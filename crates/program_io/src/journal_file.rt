//! The file of a journal: it is opened before the run, and has its text when the run is over.

ghost use Rattle.std.specs.Prelude.{◌≡◌, ◌≤◌, ◌⊎◌, IfErr, None};

use crate::arguments::Options;
use crate::faults::{DONE, RunFault, failed, failed_by};
use std::alloc::{AllocError, Global};
use std::fs::{File, Files, Metadata, OpenFile};
use std::io::Write;
use std::os::unix::fs::MetadataExt;
use std::path::PathBuf;
use std::{fs, io};

/// The word that stands for standard input as a script.
pub(crate) const DASH: &str = "-";

/// The name under which the system has the file of standard input.
const STANDARD_INPUT: &str = "/dev/stdin";

/// How many names are tried for the file beside a journal's.
const MOST_NAMES: u32 = 100;

/// The file of a journal, which is open before the run.
#[derive(Drop)]
pub struct JournalFile<F> {
    file: F,
    place: Place,
}

/// Where the text of a journal is written.
#[derive(Drop)]
enum Place {
    /// To a file under the first name, which takes the second when the text is whole.
    Beside(PathBuf, PathBuf),
    /// Where the file stands, which was made for it.
    Made,
    /// Where the file stands.
    There,
}

/// Opens the file that the options name for the journal of the run, if they name one. Nothing is run where this fails.
///
/// The text of a regular file, or of one that is not there yet, is written beside it, so that what stood there is kept
/// until the new text is whole. Where no file can be made beside it, and where it is no regular file, as a pipe, it is
/// written where it stands.
///
/// # Errors
///
/// The file can be neither made nor opened, or memory was refused. Why goes to `err` then, if that takes it, and the
/// error is the status of the program.
pub fn opened_journal<R: Files + AllocGlobal, E: Write>(
    rt: &R,
    options: &Options,
    err: &mut E,
) -> Result<Option<JournalFile<R::File>>, u8>
    ensures { IfErr result (λ status. status ≡ 1) }
{
    let Some(name) = &options.journal else {
        return Ok(None);
    };
    match opened(rt, name) {
        Ok(file) => Ok(Some(file)),
        Err(error) => Err(unwritten(name, &error, err)),
    }
}

/// Writes the text of a journal to the file of this name, as a run does.
///
/// What it gives is the status of the program: 0, or 1 where the file could not be written. Why goes to `err` then, if
/// that takes it.
pub fn write_journal<R: Files + AllocGlobal, E: Write>(
    rt: &R,
    name: &str,
    text: &[u8],
    err: &mut E,
) -> u8
    ensures { result ≤ 1 }
{
    match opened(rt, name) {
        Ok(file) => wrote(rt, name, file, text, err),
        Err(error) => unwritten(name, &error, err),
    }
}

/// Writes the text of a journal, where a run left one, to the file that was opened for it, and otherwise leaves what
/// stood there. The program had this status before, and what it gives is the one that it has then.
pub fn keep<R: Files, E: Write>(
    rt: &R,
    options: &Options,
    file: Option<JournalFile<R::File>>,
    status: u8,
    journal: Option<Vec<u8>>,
    err: &mut E,
) -> u8
    ensures none { journal ≡ None → result ≡ status }
    ensures some { (result ≡ status) ⊎ (result ≤ 1) }
{
    match (&options.journal, file, journal) {
        (Some(name), Some(file), Some(text)) => wrote(rt, name, file, &text, err),
        (Some(name), Some(file), None) => {
            discard(rt, name, file);
            status
        }
        _ => status,
    }
}

/// Writes the text to the file, and gives the status.
fn wrote<R: Files, E: Write>(
    rt: &R,
    name: &str,
    file: JournalFile<R::File>,
    text: &[u8],
    err: &mut E,
) -> u8
    ensures { result ≤ 1 }
{
    match written(rt, file, text) {
        Ok(()) => DONE,
        Err(error) => unwritten(name, &error, err),
    }
}

/// Writes that the file could not be written, and gives the status.
fn unwritten<E: Write>(name: &str, error: &io::Error, err: &mut E) -> u8
    ensures { result ≡ 1 }
{
    if error.kind() == io::ErrorKind::OutOfMemory {
        return failed(err, &RunFault::Memory);
    }
    failed_by(err, &format_args!("cannot write {name}"), error)
}

/// The file of this name, open for the text of a journal.
fn opened<R: Files + AllocGlobal>(rt: &R, name: &str) -> io::Result<JournalFile<R::File>> {
    match fs::metadata(rt, name) {
        Ok(found) => opened_standing(rt, name, &found),
        Err(_) => opened_new(rt, name),
    }
}

/// The file of this name, which is there, or a file beside it that has its permissions.
fn opened_standing<R: Files + AllocGlobal>(
    rt: &R,
    name: &str,
    found: &Metadata,
) -> io::Result<JournalFile<R::File>> {
    let file = File::options().write(true).open(rt, name)?;
    if !found.is_file() {
        return Ok(there(file));
    }
    // A link is followed, and stays one.
    match fs::canonicalize(rt, name) {
        Ok(whole) => match opened_beside(rt, whole) {
            Ok(beside) => {
                let _ = beside.file.set_permissions(found.permissions());
                Ok(beside)
            }
            Err(_) => Ok(there(file)),
        },
        Err(_) => Ok(there(file)),
    }
}

/// A new file for this name, which no file has.
fn opened_new<R: Files + AllocGlobal>(rt: &R, name: &str) -> io::Result<JournalFile<R::File>> {
    if fs::symlink_metadata(rt, name).is_ok() {
        return made(rt, name, Place::There);
    }
    let whole = PathBuf::from_str(rt.alloc(), name)?;
    match opened_beside(rt, whole) {
        Err(error) if error.kind() != io::ErrorKind::OutOfMemory => made(rt, name, Place::Made),
        opened => opened,
    }
}

/// A file that stands where it is written.
fn there<F>(file: F) -> JournalFile<F> {
    JournalFile {
        file,
        place: Place::There,
    }
}

/// A new file of this name.
fn made<R: Files>(rt: &R, name: &str, place: Place) -> io::Result<JournalFile<R::File>> {
    let file = File::options().write(true).create(true).open(rt, name)?;
    Ok(JournalFile { file, place })
}

/// A new file beside the one of this name, which it is to replace.
fn opened_beside<R: Files + AllocGlobal>(
    rt: &R,
    whole: PathBuf,
) -> io::Result<JournalFile<R::File>> {
    for number in 0..MOST_NAMES {
        let beside = name_beside(rt.alloc(), &whole, number)?;
        match File::create_new(rt, &beside) {
            Ok(file) => {
                return Ok(JournalFile {
                    file,
                    place: Place::Beside(beside, whole),
                });
            }
            Err(error) if error.kind() == io::ErrorKind::AlreadyExists => {}
            Err(error) => return Err(error),
        }
    }
    Err(io::Error::from(io::ErrorKind::AlreadyExists))
}

/// A name beside this one: what an earlier run left under it, since it was killed, is left alone.
fn name_beside(alloc: Global, whole: &PathBuf, number: u32) -> Result<PathBuf, AllocError> {
    let name = format!(in alloc; "{}.new-{number}", whole.as_str())?;
    Ok(PathBuf::from(name))
}

/// Writes the text to the file, which has its name then.
fn written<R: Files>(rt: &R, file: JournalFile<R::File>, text: &[u8]) -> io::Result<()> {
    let JournalFile { mut file, place } = file;
    match place {
        Place::Beside(beside, whole) => {
            let done = replaced(rt, file, text, &beside, &whole);
            if done.is_err() {
                let _ = fs::remove_file(rt, &beside);
            }
            done
        }
        Place::Made | Place::There => {
            if file.metadata()?.is_file() {
                file.set_len(0)?;
            }
            file.write_all(text)
        }
    }
}

/// Writes the text to the file of the first name, which then takes the second.
fn replaced<R: Files>(
    rt: &R,
    mut file: R::File,
    text: &[u8],
    beside: &PathBuf,
    whole: &PathBuf,
) -> io::Result<()> {
    file.write_all(text)?;
    file.sync_all()?;
    fs::rename(rt, beside, whole)
}

/// Leaves what stood there before the file was opened.
fn discard<R: Files>(rt: &R, name: &str, file: JournalFile<R::File>) {
    let _ = match &file.place {
        Place::Beside(beside, _) => fs::remove_file(rt, beside),
        Place::Made => fs::remove_file(rt, name),
        Place::There => Ok(()),
    };
}

/// Why the words name no file for a journal, if they do not.
pub(crate) fn fault_of_names<R: Files>(rt: &R, options: &Options) -> Option<&'static str> {
    let Some(journal) = &options.journal else {
        return None;
    };
    if journal.as_str() == DASH {
        return Some("--journal takes a file, and - is none");
    }
    if are_one_file(rt, journal, script_name(options)).unwrap_or(false) {
        return Some("the journal is the script");
    }
    None
}

/// The file of the script, where the words name one: `-` stands for standard input.
pub(crate) fn file_of(options: &Options) -> Option<&str> {
    match &options.file {
        Some(name) if name.as_str() != DASH => Some(name.as_str()),
        _ => None,
    }
}

/// The name of the script's file.
fn script_name(options: &Options) -> &str {
    file_of(options).unwrap_or(STANDARD_INPUT)
}

/// Whether the names are those of one regular file, which has several where there are links. What is no regular file, as
/// a terminal, is not written over.
fn are_one_file<R: Files>(rt: &R, one: &str, other: &str) -> io::Result<bool> {
    let (one, other) = (fs::metadata(rt, one)?, fs::metadata(rt, other)?);
    Ok(one.is_file() && other.is_file() && one.dev() == other.dev() && one.ino() == other.ino())
}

Aim of the exercise:
Word for word, set down the lines from the beginning of the records through the line that holds "use crate::arguments::Options;". Leave out the rest.

Solution below:
filename crates/program_io/src/journal_file.rt
//! The file of a journal: it is opened before the run, and has its text when the run is over.

ghost use Rattle.std.specs.Prelude.{◌≡◌, ◌≤◌, ◌⊎◌, IfErr, None};

use crate::arguments::Options;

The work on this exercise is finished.